//! Why the program refuses its input.
ghost use Rattle.std.specs.Prelude.{◌≡◌};

use ra_ap_syntax::{FinishError, ParseError};
use std::alloc::AllocError;

/// Why the program prints no result. It prints the name of the variant.
#[derive(Clone, Copy, Debug, PartialEq, Eq, Hash)]
pub enum Refusal {
    /// The reader failed, or was not at its end after `u64::MAX` reads.
    Read,
    /// The input is not UTF-8. This is checked first.
    NotUtf8,
    /// A line has none of the forms of an event; for `reparse`: the first line is not two numbers,
    /// or the second has a backslash that begins no escape.
    BadLine,
    /// A line has the form of an event, but names no kind.
    BadKind,
    /// A range ends before it starts, does not lie in the text on character boundaries, or ends at
    /// 2^32 or later.
    BadRange,
    /// The root of the tree of an expression's text is not an expression.
    OtherRoot,
    /// The text is longer than 4,294,967,295 bytes.
    TooLong,
    /// A prefix of the events has more exits than enters.
    OverClosed,
    /// There are more enters than exits in all.
    Unclosed,
    /// There is no top element.
    Empty,
    /// There are two or more top elements.
    ManyRoots,
    /// The one top element is a token.
    TokenRoot,
    /// An error's position is past the text. Events have no errors, so no command returns it.
    ErrorPastText,
    /// Out of memory.
    Memory,
}

impl Refusal {
    ghost use Rattle.syntax_tool.specs.Output.{refused};

    /// The line that the program prints: `refused: NAME` and a newline.
    pub fn line(self) -> &'static str
        ensures { result.now ≡ (refused self).text }
    {
        match self {
            Refusal::Read => "refused: Read\n",
            Refusal::NotUtf8 => "refused: NotUtf8\n",
            Refusal::BadLine => "refused: BadLine\n",
            Refusal::BadKind => "refused: BadKind\n",
            Refusal::BadRange => "refused: BadRange\n",
            Refusal::OtherRoot => "refused: OtherRoot\n",
            Refusal::TooLong => "refused: TooLong\n",
            Refusal::OverClosed => "refused: OverClosed\n",
            Refusal::Unclosed => "refused: Unclosed\n",
            Refusal::Empty => "refused: Empty\n",
            Refusal::ManyRoots => "refused: ManyRoots\n",
            Refusal::TokenRoot => "refused: TokenRoot\n",
            Refusal::ErrorPastText => "refused: ErrorPastText\n",
            Refusal::Memory => "refused: Memory\n",
        }
    }
}

impl From<FinishError> for Refusal {
    ghost use Rattle.std.specs.Prelude.{◌≡◌};
    ghost use Rattle.syntax_tool.specs.Output.{refusal_of_finish};

    ghost from_gives = { λ e r. r ≡ refusal_of_finish e };

    fn from(error: FinishError) -> Refusal {
        match error {
            FinishError::TooLong => Refusal::TooLong,
            FinishError::OverClosed => Refusal::OverClosed,
            FinishError::Unclosed => Refusal::Unclosed,
            FinishError::Empty => Refusal::Empty,
            FinishError::ManyRoots => Refusal::ManyRoots,
            FinishError::TokenRoot => Refusal::TokenRoot,
            FinishError::ErrorPastText => Refusal::ErrorPastText,
            FinishError::Memory => Refusal::Memory,
        }
    }
}

impl From<ParseError> for Refusal {
    ghost use Rattle.std.specs.Prelude.{◌≡◌};
    ghost use Rattle.syntax_tool.specs.Output.{refusal_of_parse};

    ghost from_gives = { λ e r. r ≡ refusal_of_parse e };

    fn from(error: ParseError) -> Refusal {
        match error {
            ParseError::TooLong => Refusal::TooLong,
            ParseError::Memory => Refusal::Memory,
        }
    }
}

impl From<AllocError> for Refusal {
    ghost use Rattle.std.specs.Prelude.{◌≡◌};
    ghost use Rattle.syntax_tool.specs.declared.refusal.Refusal.TheVariants.{Memory};

    ghost from_gives = { λ _ r. r ≡ Memory };

    fn from(_error: AllocError) -> Refusal {
        Refusal::Memory
    }
}
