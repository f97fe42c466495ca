//! The program `syntax_tool`, over any reader and any writer.
#![tactic(auto)]

mod answer;
mod command;
mod dump;
mod escapes;
mod events;
mod input;
mod lines;
mod output;
mod parens;
mod program;
mod refusal;
mod reparse;

pub use answer::answer_to;
pub use command::Command;
pub use events::read_events;
pub use program::run;
pub use refusal::Refusal;
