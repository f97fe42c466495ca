//! The commands.
ghost use Rattle.std.specs.Prelude.{◌≡◌};
ghost use Rattle.syntax_tool.specs.Output.{command_of};

/// A command of the program.
#[derive(Clone, Copy, Debug, PartialEq, Eq)]
pub enum Command {
    /// Event lines to the dump of the tree that they build.
    Events,
    /// A file's text to the dump of its tree, with its errors.
    Dump,
    /// An expression's text to whether its tree reads back, and its needless pairs of parentheses.
    Parens,
    /// An edit and a file's text to the dump of the tree after the edit, and what was parsed again.
    Reparse,
}

impl Command {
    /// The command of a name, or `None` if there is none of that name.
    pub fn named(name: &str) -> Option<Command>
        ensures { result ≡ command_of name.now }
    {
        match name {
            "events" => Some(Command::Events),
            "dump" => Some(Command::Dump),
            "parens" => Some(Command::Parens),
            "reparse" => Some(Command::Reparse),
            _ => None,
        }
    }
}
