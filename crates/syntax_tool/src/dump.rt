//! The command `dump`: a text to the dump of its tree, with its errors.
ghost use Rattle.std.specs.Prelude.{◌≡◌, ◌⊎◌, Ok, Err, MatchResult, string_bytes};
ghost use Rattle.syntax_tool.specs.Output.{AnswersText};

use crate::refusal::Refusal;
use ra_ap_syntax::{Edition, SourceFile};
use std::alloc::Global;
use tiny_front::Tiny;

// The dump of the tree of a file's text, and its errors.
pub(crate) fn dump(alloc: Global, text: &str) -> Result<String, Refusal>
    ensures { MatchResult result (λ out. AnswersText text.now (Ok (string_bytes out)))
        (λ e. (e ≡ Refusal.Memory) ⊎ AnswersText text.now (Err e)) }
{
    let parse = match SourceFile::parse(alloc, text, &Tiny, Edition::CURRENT) {
        Ok(parse) => parse,
        Err(refusal) => return Err(Refusal::from(refusal)),
    };
    let dump = parse.debug_dump(alloc)?;
    Ok(dump)
}
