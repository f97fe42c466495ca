//! The output of a command for an input.
ghost use Rattle.std.specs.Prelude.{◌≡◌, ◌⊎◌, Ok, Err, MatchResult, string_bytes};
ghost use Rattle.syntax_tool.specs.Output.{AnswersInput};

use crate::command::Command;
use crate::dump::dump;
use crate::events::events;
use crate::parens::parens;
use crate::refusal::Refusal;
use crate::reparse::reparse_answer;
use std::alloc::Global;
use std::str::from_utf8;

/// The output of a command for an input, as [`run`](crate::run) writes it, or why there is none.
///
/// `NotUtf8` is checked first. Then `events` may return `BadLine` or `BadKind` for the first such
/// line, or the builder's refusal; `dump` may return `TooLong`; `parens` `TooLong`, then
/// `OtherRoot`; `reparse` `BadLine`, then `BadRange`, then `TooLong`, for the old text or the new
/// one. `Read` and `ErrorPastText` are never returned. `Memory` is returned only if memory was
/// refused, and states nothing about the input.
pub fn answer_to(alloc: Global, command: Command, input: &[u8]) -> Result<String, Refusal>
    ensures { MatchResult result (λ text. AnswersInput command input.now (Ok (string_bytes text)))
        (λ e. (e ≡ Refusal.Memory) ⊎ AnswersInput command input.now (Err e)) }
{
    let Ok(text) = from_utf8(input) else {
        return Err(Refusal::NotUtf8);
    };
    match command {
        Command::Events => events(alloc, text),
        Command::Dump => dump(alloc, text),
        Command::Parens => parens(alloc, text),
        Command::Reparse => reparse_answer(alloc, text),
    }
}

※ ※ ※

# ACTIVITY
With every line intact, reproduce the listing verbatim.

# YOUR RESPONSE
//! Why the program refuses its input.
ghost use Rattle.std.specs.Prelude.{◌≡◌};

use ra_ap_syntax::{FinishError, ParseError};
use std::alloc::AllocError;

/// Why the program prints no result. It prints the name of the variant.
#[derive(Clone, Copy, Debug, PartialEq, Eq, Hash)]
pub enum Refusal {
    /// The reader failed, or was not at its end after `u64::MAX` reads.
    Read,
    /// The input is not UTF-8. This is checked first.
    NotUtf8,
    /// A line has none of the forms of an event; for `reparse`: the first line is not two numbers,
    /// or the second has a backslash that begins no escape.
    BadLine,
    /// A line has the form of an event, but names no kind.
    BadKind,
    /// A range ends before it starts, does not lie in the text on character boundaries, or ends at
    /// 2^32 or later.
    BadRange,
    /// The root of the tree of an expression's text is not an expression.
    OtherRoot,
    /// The text is longer than 4,294,967,295 bytes.
    TooLong,
    /// A prefix of the events has more exits than enters.
    OverClosed,
    /// There are more enters than exits in all.
    Unclosed,
    /// There is no top element.
    Empty,
    /// There are two or more top elements.
    ManyRoots,
    /// The one top element is a token.
    TokenRoot,
    /// An error's position is past the text. Events have no errors, so no command returns it.
    ErrorPastText,
    /// Out of memory.
    Memory,
}

impl Refusal {
    ghost use Rattle.syntax_tool.specs.Output.{refused};

    /// The line that the program prints: `refused: NAME` and a newline.
    pub fn line(self) -> &'static str
        ensures { result.now ≡ (refused self).text }
    {
        match self {
            Refusal::Read => "refused: Read\n",
            Refusal::NotUtf8 => "refused: NotUtf8\n",
            Refusal::BadLine => "refused: BadLine\n",
            Refusal::BadKind => "refused: BadKind\n",
            Refusal::BadRange => "refused: BadRange\n",
            Refusal::OtherRoot => "refused: OtherRoot\n",
            Refusal::TooLong => "refused: TooLong\n",
            Refusal::OverClosed => "refused: OverClosed\n",
            Refusal::Unclosed => "refused: Unclosed\n",
            Refusal::Empty => "refused: Empty\n",
            Refusal::ManyRoots => "refused: ManyRoots\n",
            Refusal::TokenRoot => "refused: TokenRoot\n",
            Refusal::ErrorPastText => "refused: ErrorPastText\n",
            Refusal::Memory => "refused: Memory\n",
        }
    }
}

impl From<FinishError> for Refusal {
    ghost use Rattle.std.specs.Prelude.{◌≡◌};
    ghost use Rattle.syntax_tool.specs.Output.{refusal_of_finish};

    ghost from_gives = { λ e r. r ≡ refusal_of_finish e };

    fn from(error: FinishError) -> Refusal {
        match error {
            FinishError::TooLong => Refusal::TooLong,
            FinishError::OverClosed => Refusal::OverClosed,
            FinishError::Unclosed => Refusal::Unclosed,
            FinishError::Empty => Refusal::Empty,
            FinishError::ManyRoots => Refusal::ManyRoots,
            FinishError::TokenRoot => Refusal::TokenRoot,
            FinishError::ErrorPastText => Refusal::ErrorPastText,
            FinishError::Memory => Refusal::Memory,
        }
    }
}

impl From<ParseError> for Refusal {
    ghost use Rattle.std.specs.Prelude.{◌≡◌};
    ghost use Rattle.syntax_tool.specs.Output.{refusal_of_parse};

    ghost from_gives = { λ e r. r ≡ refusal_of_parse e };

    fn from(error: ParseError) -> Refusal {
        match error {
            ParseError::TooLong => Refusal::TooLong,
            ParseError::Memory => Refusal::Memory,
        }
    }
}

impl From<AllocError> for Refusal {
    ghost use Rattle.std.specs.Prelude.{◌≡◌};
    ghost use Rattle.syntax_tool.specs.declared.refusal.Refusal.TheVariants.{Memory};

    ghost from_gives = { λ _ r. r ≡ Memory };

    fn from(_error: AllocError) -> Refusal {
        Refusal::Memory
    }
}
repository f97fe42c466495ca
//! The program `syntax_tool`, over any reader and any writer.
#![tactic(auto)]

mod answer;
mod command;
mod dump;
mod escapes;
mod events;
mod input;
mod lines;
mod output;
mod parens;
mod program;
mod refusal;
mod reparse;

pub use answer::answer_to;
pub use command::Command;
pub use events::read_events;
pub use program::run;
pub use refusal::Refusal;
repository f97fe42c466495ca
//! The commands.
ghost use Rattle.std.specs.Prelude.{◌≡◌};
ghost use Rattle.syntax_tool.specs.Output.{command_of};

/// A command of the program.
#[derive(Clone, Copy, Debug, PartialEq, Eq)]
pub enum Command {
    /// Event lines to the dump of the tree that they build.
    Events,
    /// A file's text to the dump of its tree, with its errors.
    Dump,
    /// An expression's text to whether its tree reads back, and its needless pairs of parentheses.
    Parens,
    /// An edit and a file's text to the dump of the tree after the edit, and what was parsed again.
    Reparse,
}

impl Command {
    /// The command of a name, or `None` if there is none of that name.
    pub fn named(name: &str) -> Option<Command>
        ensures { result ≡ command_of name.now }
    {
        match name {
            "events" => Some(Command::Events),
            "dump" => Some(Command::Dump),
            "parens" => Some(Command::Parens),
            "reparse" => Some(Command::Reparse),
            _ => None,
        }
    }
}
filename crates/syntax_tool/src/dump.rt
//! The command `dump`: a text to the dump of its tree, with its errors.
ghost use Rattle.std.specs.Prelude.{◌≡◌, ◌⊎◌, Ok, Err, MatchResult, string_bytes};
ghost use Rattle.syntax_tool.specs.Output.{AnswersText};

use crate::refusal::Refusal;
use ra_ap_syntax::{Edition, SourceFile};
use std::alloc::Global;
use tiny_front::Tiny;

// The dump of the tree of a file's text, and its errors.
pub(crate) fn dump(alloc: Global, text: &str) -> Result<String, Refusal>
    ensures { MatchResult result (λ out. AnswersText text.now (Ok (string_bytes out)))
        (λ e. (e ≡ Refusal.Memory) ⊎ AnswersText text.now (Err e)) }
{
    let parse = match SourceFile::parse(alloc, text, &Tiny, Edition::CURRENT) {
        Ok(parse) => parse,
        Err(refusal) => return Err(Refusal::from(refusal)),
    };
    let dump = parse.debug_dump(alloc)?;
    Ok(dump)
}
repository f97fe42c466495ca
//! The output of a command for an input.
ghost use Rattle.std.specs.Prelude.{◌≡◌, ◌⊎◌, Ok, Err, MatchResult, string_bytes};
ghost use Rattle.syntax_tool.specs.Output.{AnswersInput};

use crate::command::Command;
use crate::dump::dump;
use crate::events::events;
use crate::parens::parens;
use crate::refusal::Refusal;
use crate::reparse::reparse_answer;
use std::alloc::Global;
use std::str::from_utf8;

/// The output of a command for an input, as [`run`](crate::run) writes it, or why there is none.
///
/// `NotUtf8` is checked first. Then `events` may return `BadLine` or `BadKind` for the first such
/// line, or the builder's refusal; `dump` may return `TooLong`; `parens` `TooLong`, then
/// `OtherRoot`; `reparse` `BadLine`, then `BadRange`, then `TooLong`, for the old text or the new
/// one. `Read` and `ErrorPastText` are never returned. `Memory` is returned only if memory was
/// refused, and states nothing about the input.
pub fn answer_to(alloc: Global, command: Command, input: &[u8]) -> Result<String, Refusal>
    ensures { MatchResult result (λ text. AnswersInput command input.now (Ok (string_bytes text)))
        (λ e. (e ≡ Refusal.Memory) ⊎ AnswersInput command input.now (Err e)) }
{
    let Ok(text) = from_utf8(input) else {
        return Err(Refusal::NotUtf8);
    };
    match command {
        Command::Events => events(alloc, text),
        Command::Dump => dump(alloc, text),
        Command::Parens => parens(alloc, text),
        Command::Reparse => reparse_answer(alloc, text),
    }
}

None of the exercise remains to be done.